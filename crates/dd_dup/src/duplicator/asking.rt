//! Calls about the held frame, and a call as data.

ghost use Rattle.std.specs.Prelude.{◌≡◌, ◌≤◌, IsTrue, IfOk, OnOk, OnErr, length};
ghost use Rattle.dd_pointer.specs.declared.kind.TheConstants.{MAX_BYTES};
ghost use Rattle.dd_meta.specs.declared.buffer.TheConstants.{MOVES_BUFFER, RECTS_BUFFER};
ghost use Rattle.dd_dup.specs.Reply.{put_answer};

use super::Dup;
use crate::calls::{acquire, desc, dirty, moves, release, shape, surface};
use dd_calls::{Answer, DupCall, DupRefusal};
use dd_log::Log;
use dd_meta::{put_bytes, put_moves, put_rects};
use std::alloc::AllocError;

/// What was put into a buffer as an answer: where it is too short, more data is there.
fn told(put: Result<u32, u32>) -> Result<u32, DupRefusal>
    ensures { result ≡ put_answer put }
{
    match put {
        Ok(size) => Ok(size),
        Err(required) => Err(DupRefusal::MoreData { required }),
    }
}

impl Dup {
    ghost use Rattle.dd_dup.specs.News.{held_shape, shape_bytes};
    ghost use Rattle.dd_dup.specs.Reply.{held_reply, release_reply, moves_reply, dirty_reply, shape_reply, reply, call_takes_memory, IsNotShort, IsBounded};
    ghost use Rattle.dd_dup.specs.Duplicator.{released, IsRefused, IsLookedAt};
    ghost use Rattle.dd_dup.specs.Stands.{Stands};

    /// Why a call about the held frame is refused: the duplicator is lost, and from then on holds no
    /// frame; or there is none.
    fn check_held(&mut self, log: &Log) -> Result<(), DupRefusal>
        requires { Stands self.old log.now }
        ensures answer { result ≡ held_reply self.old.memory log.now }
        ensures ok { OnOk result (self.new ≡ self.old) }
        ensures refused { IsRefused result self.old self.new }
        ensures stands { Stands self.new log.now }
    {
        if self.is_lost(log) {
            self.refuse(log, DupRefusal::AccessLost);
            return Err(DupRefusal::AccessLost);
        }
        if self.held.is_none() {
            return Err(DupRefusal::InvalidCall);
        }
        Ok(())
    }

    /// Releases the held frame (ReleaseFrame). A duplicator that is lost is AccessLost, and from then on
    /// holds no frame; with no frame it is InvalidCall, and nothing changes.
    pub fn release(&mut self, log: &Log) -> Result<(), DupRefusal>
        requires { Stands self.old log.now }
        ensures answer { result ≡ release_reply self.old.memory log.now }
        ensures ok { OnOk result (self.new ≡ released self.old) }
        ensures refused { IsRefused result self.old self.new }
        ensures stands { Stands self.new log.now }
    {
        self.check_held(log)?;
        self.held = None;
        Ok(())
    }

    /// Puts the bytes of the held frame's moves, 24 each, at the buffer's front, and gives their
    /// number; the rest of the buffer stays (GetFrameMoveRects).
    ///
    /// A duplicator that is lost is AccessLost, and from then on holds no frame; with no frame it is
    /// InvalidCall; a buffer that is shorter is MoreData, with the number of bytes that is required. No
    /// refusal changes the buffer. A buffer of 384 bytes is never too short. No memory is taken.
    pub fn moves(&mut self, log: &Log, buffer: &mut [u8]) -> Result<u32, DupRefusal>
        requires { Stands self.old log.now }
        ensures answer { (result, buffer.new) ≡ moves_reply self.old.memory log.now buffer.old }
        ensures memory { IsLookedAt self.old self.new log.now }
        ensures stands { Stands self.new log.now }
        ensures enough { MOVES_BUFFER ≤ length buffer.old → IsNotShort result }
    {
        self.check_held(log)?;
        told(put_moves(self.move_list(), buffer))
    }

    /// Puts the bytes of the held frame's dirty rectangles, 16 each, at the buffer's front, and gives
    /// their number; the rest of the buffer stays (GetFrameDirtyRects).
    ///
    /// A duplicator that is lost is AccessLost, and from then on holds no frame; with no frame it is
    /// InvalidCall; a buffer that is shorter is MoreData, with the number of bytes that is required. No
    /// refusal changes the buffer. A buffer of 1,024 bytes is never too short. No memory is taken.
    pub fn dirty(&mut self, log: &Log, buffer: &mut [u8]) -> Result<u32, DupRefusal>
        requires { Stands self.old log.now }
        ensures answer { (result, buffer.new) ≡ dirty_reply self.old.memory log.now buffer.old }
        ensures memory { IsLookedAt self.old self.new log.now }
        ensures stands { Stands self.new log.now }
        ensures enough { RECTS_BUFFER ≤ length buffer.old → IsNotShort result }
    {
        self.check_held(log)?;
        told(put_rects(self.dirt_list(), buffer))
    }

    /// Its bytes; none where there is no new shape.
    fn shape_bytes(&self) -> &[u8]
        ensures value { result.now ≡ shape_bytes (held_shape self.now.memory.held) }
        ensures few { length result.now ≤ MAX_BYTES }
    {
        match self.new_shape() {
            None => &[],
            Some(shape) => shape.bytes(),
        }
    }

    /// Puts the bytes of the held frame's new shape at the buffer's front, and gives their number, 0
    /// where there is no new shape; the rest of the buffer stays (GetFramePointerShape).
    ///
    /// A duplicator that is lost is AccessLost, and from then on holds no frame; with no frame it is
    /// InvalidCall; a buffer that is shorter is MoreData, with the number of bytes that is required. No
    /// refusal changes the buffer. No memory is taken.
    pub fn shape(&mut self, log: &Log, buffer: &mut [u8]) -> Result<u32, DupRefusal>
        requires { Stands self.old log.now }
        ensures answer { (result, buffer.new) ≡ shape_reply self.old.memory log.now buffer.old }
        ensures memory { IsLookedAt self.old self.new log.now }
        ensures stands { Stands self.new log.now }
    {
        self.check_held(log)?;
        told(put_bytes(self.shape_bytes(), buffer))
    }

    /// Answers a call. Want of memory changes nothing, and comes only where the call takes memory: a
    /// release takes none, nor does a refusal.
    pub fn ask(&mut self, log: &Log, call: DupCall) -> Result<Answer, AllocError>
        requires { Stands self.old log.now }
        ensures answer { IfOk result (λ a. a ≡ (reply call self.old.memory log.now).0) }
        ensures bounded { IfOk result (λ a. IsBounded a) }
        ensures memory { OnOk result (self.new.memory ≡ (reply call self.old.memory log.now).1) }
        ensures err { OnErr result (self.new ≡ self.old) }
        ensures wants { OnErr result (IsTrue (call_takes_memory call self.old.memory log.now)) }
        ensures stands { Stands self.new log.now }
    {
        let alloc = self.alloc;
        match call {
            DupCall::Acquire => acquire(alloc, self, log),
            DupCall::Release => Ok(release(self, log)),
            DupCall::Moves { buffer } => moves(alloc, self, log, buffer),
            DupCall::Dirty { buffer } => dirty(alloc, self, log, buffer),
            DupCall::Shape { buffer } => shape(alloc, self, log, buffer),
            DupCall::Surface => surface(alloc, self, log),
            DupCall::Desc => Ok(desc(self, log)),
        }
    }
}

┄┄┄┄┄┄┄┄┄┄

→ EXERCISE
Go through the records above line by line and say how many lines include "rest", giving only that number.

→ YOUR SOLUTION
3